A weight and a glass of water stand on a scale. Compare the reading of the scale $P$ with the reading of the weights in the following cases:
1) the kettlebell is suspended by a thread from an external tripod and is submerged in water ($P_{1}$);
2) the suspension is broken and the kettlebell begins to sink ($P_{2}$).
Decision:
The suspension will act on the system with some upward force. Carrying out reasoning similar to the solution of Problem 51, it is easy to obtain that the reading of the weights in this case decreases: $P_{1} < P$.

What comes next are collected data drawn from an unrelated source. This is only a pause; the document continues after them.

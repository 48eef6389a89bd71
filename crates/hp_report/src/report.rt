//! Reports and how they are written.

ghost use Rattle.std.specs.Prelude.{◌≡◌, ◌↔◌, OnOk, IfOk, map, string_bytes, true, false};
ghost use Rattle.std.specs.Io.KnownBytes.{Appends};
ghost use Rattle.hp_model.specs.Report.{report_text};
ghost use Rattle.hp_store.specs.Stack.{cells_in};
ghost use Rattle.hp_report.specs.Device.{Begins};
ghost use Rattle.hp_report.specs.Mapped as model;
ghost use Rattle.hp_report.specs.Stored.{IsReportText, OfEach};

use crate::device::Sink;
use crate::output::{WriteFault, write_text};
use crate::parts::units_text;
use crate::text::put_final;
use hp_rule::Library;
use hp_store::Store;
use hp_tree::UnitReport;
use std::alloc::{AllocError, Global};
use std::sync::Arc;

/// Whether a rule fires when its event occurs. That a report shows it is this project's own choice.
#[derive(Clone, Copy, Debug, PartialEq, Eq)]
pub enum RuleStatus {
    /// The rule is not installed.
    Absent,
    /// The rule is installed and fires.
    Enabled,
    /// The rule is installed and doesn't fire.
    Disabled,
}

/// What the units of a script did, and the state after the last one.
#[derive(Debug, Drop)]
pub struct Report {
    /// The script's classes and rules.
    pub library: Arc<Library>,
    /// A report for each unit, in the order in which they ran.
    pub units: Vec<UnitReport>,
    /// The objects and the rules' statuses after the last unit.
    pub store: Store,
}

/// The whole text of a report.
fn text_of(alloc: Global, report: &Report, with_tree: bool) -> Result<String, AllocError>
    ensures { IfOk result (λ text. IsReportText (model.library report.now.library.value) (cells_in report.now.store)
        with_tree (map model.unit_report report.now.units.items) (string_bytes text)) }
{
    let mut out = units_text(alloc, &report.library, with_tree, 1, &report.units)?;
    put_final(alloc, &mut out, &report.library, &report.store)?;
    Ok(out)
}

/// Writes the text of a report, in as many writes as the device needs: that of its units and of each ordered state that
/// has the cells of its store. With `with_tree` it has the trees of the transactions.
///
/// The whole text is made before the first write, so nothing is written where memory runs out. It stops at the first
/// write that fails, and a beginning of the text was written.
pub fn write_report<W: Sink>(
    alloc: Global,
    report: &Report,
    with_tree: bool,
    writer: &mut W,
) -> Result<(), WriteFault>
    requires { W.has_failed writer.old ≡ false }
    ensures ok { let lib = model.library report.now.library.value in
        OnOk result (OfEach lib (cells_in report.now.store) (λ S.
        Appends (W.contents writer.old) (W.contents writer.new)
        (report_text lib with_tree (model.evaluation report.now S)))) }

    // Whatever the result, what was written is a beginning of the text.
    ensures begins { let lib = model.library report.now.library.value in
        OfEach lib (cells_in report.now.store) (λ S. Begins (W.contents writer.old) (W.contents writer.new)
        (report_text lib with_tree (model.evaluation report.now S))) }

    ensures write { result ≡ Err WriteFault.Write ↔ (W.has_failed writer.new ≡ true) }
    ensures memory { result ≡ Err WriteFault.NoMemory → writer.new ≡ writer.old }
{
    let text = text_of(alloc, report, with_tree)?;
    write_text(writer, text.as_bytes())
}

After the suspension breaks, the action of the external force ceases, but the center of mass of the system moves accelerated downward, hence $P_{2} < P$. To compare the values of $P_{1}$ and $P_{2}$, consider the forces acting on a glass of water in two cases. In the first case, the beaker of water is acted on by the downward force of gravity mg, the upward force $P_{1}$ and the downward force of pressure from the kettlebell, which is equal numerically to the hydrostatic force pressure on the weight $F_{A}$. The center of mass of the beaker of water is stationary, hence,
$P_{1}=mg+F_{A}$.
In the second case, the same gravity force, support reaction force $P_{2}$ and some pressure force from the kettlebell $F_{A}^{\prime}$ act. It is easy to show that $F_{A}^{\prime}>F_{A}$.Indeed, the kettlebell on the suspension was pressing on the surrounding water, and the water was in a stationary state.At the moment of collapse, the kettlebell begins to move downward at an accelerated rate and displace the nearby water layers in the same direction, hence the force of the kettlebell's pressure on the water must increase.Under the action of all the forces the center of mass of the water in the beaker moves upwards, hence $P_{2}>mg+ F_{A}^{\prime}>mg+F_{A}=P_{1}$.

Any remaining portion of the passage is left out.